For the author, a person’s passion and his potentials not
really the course he studied in school or the grades he made in examinations
are the lader life has provided him for the top. “Discover your passion”, he
emphasises. And turn them to wealth.
He also trumpets “planning within” which is about tuning the
mind to drop some mindset about life that, according to him has “limited the
potentials of the young generation.” The achiac mindset must be killed.
Also listed for elimination is the thought that no one can
redirect the wheel. In the view of the author, in Chapter Two “the need to look
inwards and identify talents that one can turn into a source of livelihood so
as to excel in life” is crucial.
“Our ability to define our passions beyond school
certificates and job descriptions will reveal who we are and the vigour and
vision we need to explore our new selves in life,” he writes.
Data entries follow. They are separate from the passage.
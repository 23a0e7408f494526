//! The samples that are asked for.

use crate::row_text::Form;

/// The samples that are written, and their form.
#[derive(Clone, Copy, Debug, PartialEq, Eq)]
pub struct Choice {
    /// The form of rows.
    pub form: Form,
    /// The track_ID of the track whose samples are written, or `None` for all tracks.
    pub track: Option<u32>,
    /// Asks for all samples, past the end of the file too.
    pub beyond: bool,
    /// Asks for times in seconds.
    pub seconds: bool,
    /// Asks for presentation times by the edit lists of the tracks.
    pub edits: bool,
    /// Asks for sync samples only.
    pub sync: bool,
    /// Asks for a row for each `moof` instead of each sample.
    pub segments: bool,
}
Reading through the clearly printed 80-page book ,what
strikes is the pace of the writing which makes it possible for a fast reader to
gobble it in one night. Unlike many of such motivational literature that are
often heavy-ladden with anecdotes and references from other books.
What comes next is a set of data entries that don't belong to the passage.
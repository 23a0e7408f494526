//! A box as a value: a change, a clone, `==`, `Debug` and the default.

use crate::tests::own_boxes::ssix::index;
use example_boxes::{FIEL, Fiel, FielBox, SsixBox, SsixRange, set_flags};
use mp4_stream::{Result as Made, TryClone};
use std::alloc::Global;
use test_shared::helpers::debug_text;

/// The default range.
const ZEROS: SsixRange = SsixRange {
    level: 0,
    range_size: 0,
};

/// Returns whether `clone` is equal to `ssix` until it is changed.
fn is_clone(mut clone: SsixBox, ssix: &SsixBox) -> bool {
    let is_equal = clone == *ssix;
    set_flags(&mut clone, 7);
    is_equal && clone != *ssix && clone.flags == 7
}

/// Returns whether the box in `made` has a clone that is equal until it is changed.
fn is_cloned(made: Made<SsixBox>) -> bool {
    match made {
        Ok(ssix) => match ssix.try_clone() {
            Ok(clone) => is_clone(clone, &ssix),
            Err(_) => false,
        },
        Err(_) => false,
    }
}

/// The fields of a box.
const FIELDS: Fiel = Fiel {
    count: 2,
    detail: 9,
};

/// Returns whether `Debug` prints the box with its fields.
fn is_printed(alloc: Global) -> bool {
    match debug_text(alloc, &FielBox::new(FIELDS)) {
        Ok(text) => text.as_str() == "Declared { fields: Fiel { count: 2, detail: 9 } }",
        Err(_) => false,
    }
}

/// Returns whether the box has its fields, and others after a change.
fn is_changed() -> bool {
    let mut fiel = FielBox::new(FIELDS);
    let is_equal = fiel == FielBox::new(FIELDS) && fiel.count == 2;
    fiel.detail = 14;
    is_equal && fiel != FielBox::new(FIELDS) && fiel.into_fields().detail == 14
}

#[test]
fn a_box_is_a_value(rt: HostRuntime) {
    let alloc = rt.alloc();
    assert!(rt; is_cloned(index(alloc)) && is_printed(alloc) && is_changed());
    assert!(rt; FIEL.to_be_bytes() == *b"fiel" && SsixRange::default() == ZEROS);
}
Chinemerem’s mostly rely on his personal encounters with
life and those of people he knows – a lot of them, young people. His,is still a
‘ how to’ book but he puts it out as: this is what I have found out about
breaking through.
Yet he did not write
a biography in ‘From Certificate to Success’. Rather, the author presents an
engaging account of a young man who has spent over three decades of life,
striving to live up to the expectation of parents, guardians, uncles, aunts,
sibling, peers and society until he realised the hard way, the wisdom of
Socrates’ Maxim that “an unexamined life is not worth living” and looked
inwards.
Upon the
introversion, he observed the need to raise the gear farther from where
socrates left it. Hence, the real impetus from the book is that after self
examination, the next vital thing is to take a bold work towards your horizon.
There is where your sun shines.
The author writes: “The major factor in clarifying one’s
life purpose is desire. What is it that you desire in life? What are you
supposed to do to achieve your desires? A deep-rooted desire ignites the whole
body to the point that it becomes a reality. Turning one’s desire into reality
is what distinguishes achievers from loosers”. (P35).
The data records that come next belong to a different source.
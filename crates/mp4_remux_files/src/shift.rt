//! Changes of the positions in a file, which offsets follow.

ghost use Rattle.std.specs.Prelude.{◌≡◌, ℕ, IfSome};

/// A change of the positions in a file.
pub trait Shift {
    /// The offset in place of another one. It is 2^64 or more if there is none.
    ghost after: { Self → ℕ → ℕ };

    /// Returns the offset in place of `offset`, or `None` if there is none or it is past 2^64 - 1.
    fn shifted(&self, offset: u64) -> Option<u64>
        ensures { IfSome result (λ o. o ≡ after self.now offset) };
}
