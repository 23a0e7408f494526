//! The progress of the rows of a track.

use crate::limit::Unlisted;

/// The rows of a track that are written. The default is none.
#[derive(Clone, Copy, Debug, Default, PartialEq, Eq)]
pub struct Reached {
    /// The number of rows.
    pub count: u64,
    /// The time at which the next fragment begins if it states no time, in the timescale of the media.
    pub time: u64,
    /// The number of samples without bytes in a row up to the last row. It counts up to `MOST_EMPTY`.
    pub empty: u32,
    /// The first sample that isn't listed, if there is one.
    pub unlisted: Option<Unlisted>,
}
Making ‘From Certificate to Success’ handy and not bulky is
a plus for the new book. It makes it fit for the main audience of the author.
The all-black cover design makes the book come across as serious which could be
good for the budding author’s profile but may scare some readers in his
catchment audience.
Beyond the use of North American English Spellings (the
book’s imprint States “Made in USA Columbia SC, 15 September 2019”) and
occassional long (sentence-like) subtitles.
The new work of seven
thought-provoking chapters is a convincing first foot forward for a writer who
shows promise in every sentence therein. More remarkable about the work is that
it hits the nail on the head of a development
that has kept our society backward and will continue to cripple it until
we kill it: “There is more to success than acquiring certificates.”
Indeed, there are more to success than what many in our
society deem it to be. Beyond certificates, self agrandising grades, financial
increament and social honours, success means a total advancement in a person’s
fortune.
What Chinemerem needs to dwell more on in another book that
should follow ‘From Certificates to Success’
is what success actually means apart from financial advancement.